Work order:
Using the records below, write out again exactly the lines that begin at the line containing "filename crates/as2_kept/src/lib.rt" and end at the line containing "impl<S: Alter> Kept<S>", and no other lines.

Stored data:
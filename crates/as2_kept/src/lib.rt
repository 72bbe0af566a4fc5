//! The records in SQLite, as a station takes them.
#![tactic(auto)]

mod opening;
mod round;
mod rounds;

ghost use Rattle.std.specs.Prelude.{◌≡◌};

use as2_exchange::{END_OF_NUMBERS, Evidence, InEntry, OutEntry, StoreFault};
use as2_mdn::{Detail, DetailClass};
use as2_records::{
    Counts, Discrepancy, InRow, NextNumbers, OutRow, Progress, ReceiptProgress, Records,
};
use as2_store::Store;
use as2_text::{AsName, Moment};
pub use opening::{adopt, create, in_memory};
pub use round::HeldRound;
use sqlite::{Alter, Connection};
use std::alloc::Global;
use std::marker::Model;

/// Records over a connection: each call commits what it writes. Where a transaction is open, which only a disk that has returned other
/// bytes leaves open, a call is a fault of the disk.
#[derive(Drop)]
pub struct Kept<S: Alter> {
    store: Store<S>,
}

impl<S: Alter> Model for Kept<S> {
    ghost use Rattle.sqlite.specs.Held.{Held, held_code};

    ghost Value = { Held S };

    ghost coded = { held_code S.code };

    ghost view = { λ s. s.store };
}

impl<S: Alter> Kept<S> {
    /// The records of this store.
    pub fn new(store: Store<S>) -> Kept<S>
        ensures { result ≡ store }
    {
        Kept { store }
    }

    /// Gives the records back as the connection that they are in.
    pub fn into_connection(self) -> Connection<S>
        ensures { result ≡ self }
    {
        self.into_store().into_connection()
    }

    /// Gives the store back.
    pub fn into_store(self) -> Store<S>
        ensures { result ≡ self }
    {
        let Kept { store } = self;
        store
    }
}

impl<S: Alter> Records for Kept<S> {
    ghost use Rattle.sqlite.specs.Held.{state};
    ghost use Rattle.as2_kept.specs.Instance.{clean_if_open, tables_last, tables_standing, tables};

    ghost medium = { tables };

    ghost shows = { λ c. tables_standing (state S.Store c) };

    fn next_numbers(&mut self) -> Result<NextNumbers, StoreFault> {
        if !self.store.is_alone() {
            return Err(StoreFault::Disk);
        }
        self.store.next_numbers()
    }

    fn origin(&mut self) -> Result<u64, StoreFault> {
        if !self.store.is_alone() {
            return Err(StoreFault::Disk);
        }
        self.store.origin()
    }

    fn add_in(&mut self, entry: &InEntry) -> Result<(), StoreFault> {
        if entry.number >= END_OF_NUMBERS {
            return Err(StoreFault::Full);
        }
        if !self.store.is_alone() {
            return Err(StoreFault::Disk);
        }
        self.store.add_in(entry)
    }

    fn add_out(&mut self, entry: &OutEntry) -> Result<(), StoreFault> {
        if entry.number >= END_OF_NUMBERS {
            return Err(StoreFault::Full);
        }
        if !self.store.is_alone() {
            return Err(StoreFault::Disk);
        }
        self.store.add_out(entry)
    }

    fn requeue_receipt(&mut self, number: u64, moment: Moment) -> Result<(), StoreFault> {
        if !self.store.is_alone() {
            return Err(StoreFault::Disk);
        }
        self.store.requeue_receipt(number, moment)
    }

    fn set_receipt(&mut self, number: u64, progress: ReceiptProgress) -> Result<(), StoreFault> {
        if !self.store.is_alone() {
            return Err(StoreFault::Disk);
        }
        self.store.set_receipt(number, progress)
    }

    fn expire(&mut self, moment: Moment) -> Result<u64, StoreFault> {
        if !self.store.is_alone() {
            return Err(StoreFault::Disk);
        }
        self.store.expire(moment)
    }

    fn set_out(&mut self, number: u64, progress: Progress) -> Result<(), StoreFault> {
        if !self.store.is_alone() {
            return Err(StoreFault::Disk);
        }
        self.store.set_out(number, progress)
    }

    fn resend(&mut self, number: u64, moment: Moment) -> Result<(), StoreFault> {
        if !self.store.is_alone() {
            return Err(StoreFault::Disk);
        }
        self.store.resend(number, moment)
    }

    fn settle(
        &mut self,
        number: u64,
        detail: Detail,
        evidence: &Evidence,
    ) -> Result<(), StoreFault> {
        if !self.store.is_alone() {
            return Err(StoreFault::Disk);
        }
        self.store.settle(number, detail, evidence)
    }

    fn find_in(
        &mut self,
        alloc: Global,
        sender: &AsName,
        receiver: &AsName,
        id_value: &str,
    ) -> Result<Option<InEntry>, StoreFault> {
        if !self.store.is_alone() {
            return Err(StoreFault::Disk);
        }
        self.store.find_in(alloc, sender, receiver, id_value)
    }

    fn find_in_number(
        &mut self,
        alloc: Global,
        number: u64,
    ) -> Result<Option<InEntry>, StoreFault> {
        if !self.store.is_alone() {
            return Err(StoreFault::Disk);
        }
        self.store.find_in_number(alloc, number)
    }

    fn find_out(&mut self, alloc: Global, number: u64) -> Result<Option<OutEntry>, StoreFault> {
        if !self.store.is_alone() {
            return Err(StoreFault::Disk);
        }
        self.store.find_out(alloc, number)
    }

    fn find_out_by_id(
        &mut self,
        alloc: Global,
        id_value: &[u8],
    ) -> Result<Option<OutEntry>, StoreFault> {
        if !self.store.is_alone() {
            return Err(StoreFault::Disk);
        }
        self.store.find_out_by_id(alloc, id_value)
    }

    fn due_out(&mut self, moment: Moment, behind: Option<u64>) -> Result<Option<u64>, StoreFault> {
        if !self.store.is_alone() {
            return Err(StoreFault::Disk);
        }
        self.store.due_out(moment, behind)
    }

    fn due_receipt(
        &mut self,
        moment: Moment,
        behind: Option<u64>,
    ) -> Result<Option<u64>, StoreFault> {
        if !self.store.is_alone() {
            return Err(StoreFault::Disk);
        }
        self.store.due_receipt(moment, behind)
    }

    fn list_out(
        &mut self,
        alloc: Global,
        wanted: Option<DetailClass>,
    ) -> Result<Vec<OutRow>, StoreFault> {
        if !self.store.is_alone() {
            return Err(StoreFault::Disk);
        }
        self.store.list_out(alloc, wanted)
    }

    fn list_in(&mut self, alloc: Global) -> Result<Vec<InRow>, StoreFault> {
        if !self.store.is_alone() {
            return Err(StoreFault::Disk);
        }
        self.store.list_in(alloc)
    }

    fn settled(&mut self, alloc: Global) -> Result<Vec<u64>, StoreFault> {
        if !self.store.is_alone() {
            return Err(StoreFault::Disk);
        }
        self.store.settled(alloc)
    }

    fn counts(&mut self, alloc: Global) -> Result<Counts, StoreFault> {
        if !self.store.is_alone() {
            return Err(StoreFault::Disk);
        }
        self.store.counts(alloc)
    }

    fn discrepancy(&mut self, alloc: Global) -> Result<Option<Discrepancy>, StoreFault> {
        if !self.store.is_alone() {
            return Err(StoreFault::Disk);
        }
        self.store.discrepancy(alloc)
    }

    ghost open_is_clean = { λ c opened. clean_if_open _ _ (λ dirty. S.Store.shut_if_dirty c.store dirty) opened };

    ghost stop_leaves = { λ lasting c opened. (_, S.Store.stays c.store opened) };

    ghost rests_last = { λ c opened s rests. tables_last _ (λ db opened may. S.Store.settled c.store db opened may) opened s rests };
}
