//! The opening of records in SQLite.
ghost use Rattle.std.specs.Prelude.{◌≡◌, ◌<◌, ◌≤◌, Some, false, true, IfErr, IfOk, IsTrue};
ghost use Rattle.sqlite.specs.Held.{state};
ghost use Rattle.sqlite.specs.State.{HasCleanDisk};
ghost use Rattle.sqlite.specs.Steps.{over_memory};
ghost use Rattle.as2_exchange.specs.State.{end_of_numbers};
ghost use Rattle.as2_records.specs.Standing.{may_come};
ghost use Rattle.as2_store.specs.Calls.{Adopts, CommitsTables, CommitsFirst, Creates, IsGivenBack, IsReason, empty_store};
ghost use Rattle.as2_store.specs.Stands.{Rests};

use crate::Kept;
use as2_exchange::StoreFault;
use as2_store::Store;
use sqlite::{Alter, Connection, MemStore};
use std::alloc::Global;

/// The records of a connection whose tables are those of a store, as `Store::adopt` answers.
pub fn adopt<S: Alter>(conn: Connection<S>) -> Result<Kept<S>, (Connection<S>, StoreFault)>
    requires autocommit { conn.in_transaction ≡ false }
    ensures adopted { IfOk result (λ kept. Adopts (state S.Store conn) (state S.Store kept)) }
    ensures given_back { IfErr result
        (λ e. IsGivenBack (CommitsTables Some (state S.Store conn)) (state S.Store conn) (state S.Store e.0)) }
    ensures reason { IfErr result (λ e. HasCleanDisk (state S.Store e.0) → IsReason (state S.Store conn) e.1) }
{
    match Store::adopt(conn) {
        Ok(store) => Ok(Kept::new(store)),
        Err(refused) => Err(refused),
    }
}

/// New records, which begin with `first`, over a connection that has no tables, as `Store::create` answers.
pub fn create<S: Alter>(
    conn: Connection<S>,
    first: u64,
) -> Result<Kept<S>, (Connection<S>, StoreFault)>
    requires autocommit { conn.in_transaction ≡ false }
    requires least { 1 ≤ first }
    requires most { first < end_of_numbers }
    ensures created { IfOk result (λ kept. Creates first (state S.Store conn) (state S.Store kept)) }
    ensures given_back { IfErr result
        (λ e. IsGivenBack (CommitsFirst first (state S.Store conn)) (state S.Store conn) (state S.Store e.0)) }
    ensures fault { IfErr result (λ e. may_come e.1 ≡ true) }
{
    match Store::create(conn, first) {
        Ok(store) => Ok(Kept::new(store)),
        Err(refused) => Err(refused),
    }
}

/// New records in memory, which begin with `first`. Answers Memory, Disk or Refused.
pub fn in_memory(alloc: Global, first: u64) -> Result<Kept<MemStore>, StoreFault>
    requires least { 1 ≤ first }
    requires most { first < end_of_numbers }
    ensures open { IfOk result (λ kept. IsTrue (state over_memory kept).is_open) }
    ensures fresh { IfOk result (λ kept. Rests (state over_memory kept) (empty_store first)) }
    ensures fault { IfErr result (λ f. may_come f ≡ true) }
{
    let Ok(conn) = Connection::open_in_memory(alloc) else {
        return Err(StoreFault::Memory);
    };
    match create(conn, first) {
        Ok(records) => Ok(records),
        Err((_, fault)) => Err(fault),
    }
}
---
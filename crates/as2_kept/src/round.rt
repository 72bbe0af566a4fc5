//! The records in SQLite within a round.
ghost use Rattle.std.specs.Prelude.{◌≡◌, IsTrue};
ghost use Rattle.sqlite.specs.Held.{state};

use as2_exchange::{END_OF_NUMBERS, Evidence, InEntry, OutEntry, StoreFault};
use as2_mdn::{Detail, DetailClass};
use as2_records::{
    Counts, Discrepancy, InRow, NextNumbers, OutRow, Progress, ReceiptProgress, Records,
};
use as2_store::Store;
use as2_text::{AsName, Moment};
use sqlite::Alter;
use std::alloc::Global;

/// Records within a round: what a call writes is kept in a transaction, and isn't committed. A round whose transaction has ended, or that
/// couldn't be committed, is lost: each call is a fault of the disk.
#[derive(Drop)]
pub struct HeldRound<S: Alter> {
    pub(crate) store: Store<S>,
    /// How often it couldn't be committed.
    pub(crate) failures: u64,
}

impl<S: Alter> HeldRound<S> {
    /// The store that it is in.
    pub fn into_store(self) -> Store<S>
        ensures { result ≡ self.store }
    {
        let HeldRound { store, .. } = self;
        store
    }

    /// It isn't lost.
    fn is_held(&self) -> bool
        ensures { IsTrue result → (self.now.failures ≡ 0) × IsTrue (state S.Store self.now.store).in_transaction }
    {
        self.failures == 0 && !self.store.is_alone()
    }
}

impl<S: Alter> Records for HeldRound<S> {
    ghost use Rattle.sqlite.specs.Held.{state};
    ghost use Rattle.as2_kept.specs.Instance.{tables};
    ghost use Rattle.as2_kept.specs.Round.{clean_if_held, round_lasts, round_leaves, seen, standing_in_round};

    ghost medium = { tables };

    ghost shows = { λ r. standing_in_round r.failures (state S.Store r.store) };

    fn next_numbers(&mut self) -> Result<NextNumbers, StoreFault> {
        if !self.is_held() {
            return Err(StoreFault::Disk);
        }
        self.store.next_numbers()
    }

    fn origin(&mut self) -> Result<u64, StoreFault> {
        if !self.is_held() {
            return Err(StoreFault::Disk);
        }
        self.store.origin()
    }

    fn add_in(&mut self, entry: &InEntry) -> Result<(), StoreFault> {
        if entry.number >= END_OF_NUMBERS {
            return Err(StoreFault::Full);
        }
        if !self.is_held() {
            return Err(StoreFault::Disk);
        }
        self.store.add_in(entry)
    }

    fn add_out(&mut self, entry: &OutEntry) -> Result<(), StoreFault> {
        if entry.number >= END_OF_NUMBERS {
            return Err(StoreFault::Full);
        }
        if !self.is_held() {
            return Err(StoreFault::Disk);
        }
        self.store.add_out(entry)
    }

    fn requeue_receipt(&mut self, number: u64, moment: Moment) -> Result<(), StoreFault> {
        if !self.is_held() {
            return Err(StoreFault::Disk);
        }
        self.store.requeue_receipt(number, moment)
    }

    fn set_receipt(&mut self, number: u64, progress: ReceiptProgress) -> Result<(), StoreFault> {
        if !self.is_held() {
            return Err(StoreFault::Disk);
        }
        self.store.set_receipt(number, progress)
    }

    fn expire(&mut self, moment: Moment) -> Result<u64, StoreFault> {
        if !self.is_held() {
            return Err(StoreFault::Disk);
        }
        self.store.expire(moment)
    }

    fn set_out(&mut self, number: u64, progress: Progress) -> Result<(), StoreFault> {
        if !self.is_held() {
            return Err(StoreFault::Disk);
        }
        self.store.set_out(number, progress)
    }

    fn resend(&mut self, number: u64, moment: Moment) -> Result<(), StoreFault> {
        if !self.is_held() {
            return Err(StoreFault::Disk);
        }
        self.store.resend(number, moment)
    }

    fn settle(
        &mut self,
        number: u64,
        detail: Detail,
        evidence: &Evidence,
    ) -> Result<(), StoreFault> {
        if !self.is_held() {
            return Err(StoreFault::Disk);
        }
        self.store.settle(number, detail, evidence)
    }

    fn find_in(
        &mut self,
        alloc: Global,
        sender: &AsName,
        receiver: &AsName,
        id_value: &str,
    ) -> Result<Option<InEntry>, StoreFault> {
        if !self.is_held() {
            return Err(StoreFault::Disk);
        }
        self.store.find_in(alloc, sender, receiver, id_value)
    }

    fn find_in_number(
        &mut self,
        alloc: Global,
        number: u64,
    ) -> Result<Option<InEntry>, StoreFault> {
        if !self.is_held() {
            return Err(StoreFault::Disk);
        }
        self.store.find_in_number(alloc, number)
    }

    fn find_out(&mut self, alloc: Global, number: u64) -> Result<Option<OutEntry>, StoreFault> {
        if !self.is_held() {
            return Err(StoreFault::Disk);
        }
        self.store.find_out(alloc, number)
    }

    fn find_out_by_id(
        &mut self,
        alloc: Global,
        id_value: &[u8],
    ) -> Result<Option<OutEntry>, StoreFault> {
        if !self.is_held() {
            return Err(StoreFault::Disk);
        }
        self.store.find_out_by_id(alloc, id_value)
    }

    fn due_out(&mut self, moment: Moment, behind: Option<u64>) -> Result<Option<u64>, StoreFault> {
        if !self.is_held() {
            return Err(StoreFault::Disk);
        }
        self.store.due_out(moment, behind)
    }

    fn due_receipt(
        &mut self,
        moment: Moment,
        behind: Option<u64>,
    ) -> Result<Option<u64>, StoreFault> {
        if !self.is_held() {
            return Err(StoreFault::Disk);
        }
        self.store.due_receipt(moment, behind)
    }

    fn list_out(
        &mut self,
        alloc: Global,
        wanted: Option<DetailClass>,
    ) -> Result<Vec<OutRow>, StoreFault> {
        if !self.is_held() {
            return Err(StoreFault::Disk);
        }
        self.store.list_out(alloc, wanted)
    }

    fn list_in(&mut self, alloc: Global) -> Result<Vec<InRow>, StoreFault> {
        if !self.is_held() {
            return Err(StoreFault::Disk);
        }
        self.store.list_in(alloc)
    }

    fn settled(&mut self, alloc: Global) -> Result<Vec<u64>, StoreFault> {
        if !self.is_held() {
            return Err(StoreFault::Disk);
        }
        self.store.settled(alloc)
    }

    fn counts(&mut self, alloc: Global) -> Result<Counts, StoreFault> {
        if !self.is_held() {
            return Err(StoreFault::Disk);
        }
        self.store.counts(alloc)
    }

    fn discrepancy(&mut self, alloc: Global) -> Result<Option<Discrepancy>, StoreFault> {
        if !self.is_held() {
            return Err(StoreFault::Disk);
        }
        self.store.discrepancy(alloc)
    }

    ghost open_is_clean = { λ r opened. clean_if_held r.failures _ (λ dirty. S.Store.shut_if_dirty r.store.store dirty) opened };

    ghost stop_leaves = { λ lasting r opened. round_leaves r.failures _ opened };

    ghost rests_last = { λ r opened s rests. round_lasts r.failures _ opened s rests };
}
--
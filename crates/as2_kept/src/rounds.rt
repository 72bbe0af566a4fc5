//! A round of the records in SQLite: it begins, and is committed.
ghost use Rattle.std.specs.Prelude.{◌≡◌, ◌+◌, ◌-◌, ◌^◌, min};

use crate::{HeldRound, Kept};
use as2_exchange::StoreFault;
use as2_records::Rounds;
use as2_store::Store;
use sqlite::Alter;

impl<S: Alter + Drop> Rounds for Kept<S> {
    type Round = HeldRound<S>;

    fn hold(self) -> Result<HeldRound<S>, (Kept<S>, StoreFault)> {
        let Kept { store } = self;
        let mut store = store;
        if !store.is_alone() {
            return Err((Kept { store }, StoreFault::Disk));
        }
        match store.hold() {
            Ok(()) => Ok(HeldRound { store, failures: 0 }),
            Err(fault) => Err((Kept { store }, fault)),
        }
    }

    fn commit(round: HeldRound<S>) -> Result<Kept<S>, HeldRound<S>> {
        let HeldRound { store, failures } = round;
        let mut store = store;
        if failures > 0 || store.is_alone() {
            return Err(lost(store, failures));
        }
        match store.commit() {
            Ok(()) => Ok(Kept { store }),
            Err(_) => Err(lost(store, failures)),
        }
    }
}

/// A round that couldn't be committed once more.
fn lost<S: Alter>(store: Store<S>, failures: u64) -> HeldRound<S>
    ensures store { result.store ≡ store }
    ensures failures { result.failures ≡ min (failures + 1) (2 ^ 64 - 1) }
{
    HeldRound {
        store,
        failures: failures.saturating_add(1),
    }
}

Response below:
filename crates/as2_kept/src/lib.rt
repository 72bbe0af566a4fc5
//! The records in SQLite, as a station takes them.
#![tactic(auto)]

mod opening;
mod round;
mod rounds;

ghost use Rattle.std.specs.Prelude.{◌≡◌};

use as2_exchange::{END_OF_NUMBERS, Evidence, InEntry, OutEntry, StoreFault};
use as2_mdn::{Detail, DetailClass};
use as2_records::{
    Counts, Discrepancy, InRow, NextNumbers, OutRow, Progress, ReceiptProgress, Records,
};
use as2_store::Store;
use as2_text::{AsName, Moment};
pub use opening::{adopt, create, in_memory};
pub use round::HeldRound;
use sqlite::{Alter, Connection};
use std::alloc::Global;
use std::marker::Model;

/// Records over a connection: each call commits what it writes. Where a transaction is open, which only a disk that has returned other
/// bytes leaves open, a call is a fault of the disk.
#[derive(Drop)]
pub struct Kept<S: Alter> {
    store: Store<S>,
}

impl<S: Alter> Model for Kept<S> {
    ghost use Rattle.sqlite.specs.Held.{Held, held_code};

    ghost Value = { Held S };

    ghost coded = { held_code S.code };

    ghost view = { λ s. s.store };
}

impl<S: Alter> Kept<S> {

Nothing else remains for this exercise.